Both the North and South Santiam rise in high Cascades in eastern Linn County. The Middle Santiam River joins the South Santiam where the South Santiam is impounded to form Foster Lake. The Middle Santiam is itself impounded, to form Green Peter Reservoir. The North Santiam is impounded to form the 400 ft deep Detroit Lake in the Cascades.

Main tributaries of the North Santiam River are the Little North Santiam and Breitenbush rivers. Major tributaries of the South Santiam include Thomas Creek, Crabtree Creek, and the Middle Santiam.

Cities built along the Santiam include Jefferson, on the main course; Stayton, Mehama, Mill City, and Gates, on the North Santiam; and Lebanon and Sweet Home on the South Santiam. Two former cities on the main course, Syracuse and Santiam City, were washed away in the floods of 1861 to 1862.

The North Santiam is a major source of tap water for the cities of Salem and Stayton. The South Santiam provides water for the cities of Lebanon, Sweet Home, and, via a canal dug in the 1870s, Albany. The main river provides water for Jefferson.

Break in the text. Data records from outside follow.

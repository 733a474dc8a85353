//! Up to eight rings, by number.

ghost use Rattle.std.specs.Prelude.{◌≡◌, ◌<◌, ◌≤◌, ◌∷◌, [], length, nat_lt, if◌then◌else◌, slice_get, slice_set, is_none, IsSome};
ghost use Rattle.std.specs.List.{position};
ghost use Rattle.dp_ring.specs.Rings.{room_in, with_more, without_first};
ghost use Rattle.dp_engine.specs.Queues.{rings_in, RingsFirst, ring_at, ring_of};

use dp_pool::proved;
use dp_ring::Ring;
use std::marker::Model;

/// At most eight rings of packet handles, by number from 0.
pub struct Rings {
    rings: [Option<Ring>; 8],
    // The number of rings.
    count: u8,
}

impl Model for Rings {
    ghost use Rattle.std.specs.Prelude.{◌≡◌, List, length};
    ghost use Rattle.dp_ring.specs.Rings.{RingView};
    ghost use Rattle.dp_engine.specs.Queues.{rings_in, RingsFirst};

    ghost Value = { List RingView };

    ghost view = { λ l. rings_in l.rings };

    ghost invariant = { λ l. ((length l.rings ≡ 8) × RingsFirst l.rings) × (l.count ≡ length (rings_in l.rings)) };
}

// The first slot without a ring.
fn first_empty(slots: &[Option<Ring>]) -> Option<usize>
    ensures { result ≡ position is_none slots.now }
{
    slots.iter().position(|slot| slot.is_none())
}

fn ring_in(rings: &[Option<Ring>; 8], k: u8) -> &Ring
    requires { k < length (rings_in rings.now) }
    ensures { result.now ≡ ring_at (rings_in rings.now) k }
{
    match &rings[usize::from(k)] {
        Some(ring) => ring,
        None => {
            proved(false);
            unreachable!()
        }
    }
}

// Appends an entry to a slot's ring, unless that is full. Returns whether it did, and how many entries the ring has afterwards.
fn push_in(slot: &mut Option<Ring>, entry: u32) -> (bool, u32)
    requires { IsSome slot.old }
    ensures taken { result.0 ≡ nat_lt 0 (room_in (ring_of slot.old)) }
    ensures count { result.1 ≡ length (ring_of slot.new).entries }
    ensures bound { result.1 < (ring_of slot.new).count }
    ensures ring { slot.new ≡ Some (if nat_lt 0 (room_in (ring_of slot.old)) then with_more (ring_of slot.old) (entry ∷ []) else ring_of slot.old) }
{
    match slot {
        Some(ring) => {
            let is_taken = ring.enqueue(entry);
            (is_taken, ring.count())
        }
        None => {
            proved(false);
            unreachable!()
        }
    }
}

// Removes and returns the first entry of a slot's ring.
fn pop_in(slot: &mut Option<Ring>) -> Option<u32>
    requires { IsSome slot.old }
    ensures first { result ≡ slice_get (ring_of slot.old).entries 0 }
    ensures rest { slot.new ≡ Some (without_first (ring_of slot.old) 1) }
{
    match slot {
        Some(ring) => ring.dequeue(),
        None => {
            proved(false);
            unreachable!()
        }
    }
}

impl Rings {
    /// Takes ownership of these rings, by slot.
    pub fn over(rings: [Option<Ring>; 8]) -> Rings
        requires { RingsFirst rings }
        ensures { result ≡ rings_in rings }
    {
        let count = first_empty(&rings).unwrap_or(8) as u8;
        Rings { rings, count }
    }

    /// The number of rings.
    pub fn len(&self) -> usize
        ensures value { result ≡ length self.now }
        ensures bound { result ≤ 8 }
    {
        usize::from(self.count)
    }

    /// The number of entries of a ring.
    pub fn count(&self, k: u8) -> u32
        requires { k < length self.now }
        ensures value { result ≡ length (ring_at self.now k).entries }
        ensures bound { result < (ring_at self.now k).count }
    {
        ring_in(&self.rings, k).count()
    }

    /// The `i`-th entry of a ring from the front, if there is one.
    pub fn peek(&self, k: u8, i: u32) -> Option<u32>
        requires { k < length self.now }
        ensures { result ≡ slice_get (ring_at self.now k).entries i }
    {
        ring_in(&self.rings, k).peek(i)
    }

    /// Appends an entry to a ring, unless that is full. Returns whether it did, and how many entries the ring has afterwards.
    pub fn push(&mut self, k: u8, entry: u32) -> (bool, u32)
        requires { k < length self.old }
        ensures taken { result.0 ≡ nat_lt 0 (room_in (ring_at self.old k)) }
        ensures count { result.1 ≡ length (ring_at self.new k).entries }
        ensures bound { result.1 < (ring_at self.new k).count }
        ensures rings { self.new ≡ (if nat_lt 0 (room_in (ring_at self.old k)) then slice_set self.old k (with_more (ring_at self.old k) (entry ∷ []))
            else self.old) }
    {
        push_in(&mut self.rings[usize::from(k)], entry)
    }

    /// Removes and returns the first entry of a ring, if there is one.
    pub fn pop(&mut self, k: u8) -> Option<u32>
        requires { k < length self.old }
        ensures first { result ≡ slice_get (ring_at self.old k).entries 0 }
        ensures rest { self.new ≡ slice_set self.old k (without_first (ring_at self.old k) 1) }
    {
        pop_in(&mut self.rings[usize::from(k)])
    }

    /// Returns the rings, each in the slot of its number.
    pub fn into_rings(self) -> [Option<Ring>; 8]
        ensures same { rings_in result ≡ self }
        ensures first { RingsFirst result }
    {
        let Rings { rings, count: _ } = self;
        rings
    }
}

Conservation efforts in the Santiam watershed are led by the South Santiam Watershed Council and the North Santiam Watershed Council.

==History==
The land surrounding the Santiam forks is the historic homeland of the Santiam bands of the Kalapuya. Chief Alaquema (aka Joe Hutchins) of the Chiwean or Northern Band of the Santiam negotiated with U.S. representative John Gain at the Santiam Treaty Council in 1851 before the forced removal of the Santiam and other Kalapuya tribes to the Grande Ronde reservation. After days of arguing, Alaquema told Gain, "We understand fully what you mean and that it may be better for us, but our minds are made up." He pointed to the land between the fork of the river on a map and said, "We wish to reserve this piece of land. We do not wish to leave this. We would rather be shot on it than removed."

Negotiating for Tiacan's Band was Tiacan himself, or Louis, who according to the Santiam treaty at 1851 and the Willamette Valley Treaty of 1855 was the principal chief of the Santiam Kalapuyans. The Santiam treaty was never ratified, and in 1856 the Santiam were later forced to leave the land between the forks of the Santiam River that they had fought to preserve for themselves.

The main ferries over the Santiam during the early period of American settlement were at Syracuse and Santiam City and, later, upstream from Jefferson. Bridges have long since replaced the ferries.

==Fire district==
Santiam River Zone is staffed by the Santiam Type 2 initial attack hand crew and two engines based out of the Detroit Ranger District. Additionally the Willamette National Forest has fire crews on the Mckenzie and Middle Fork Ranger Districts.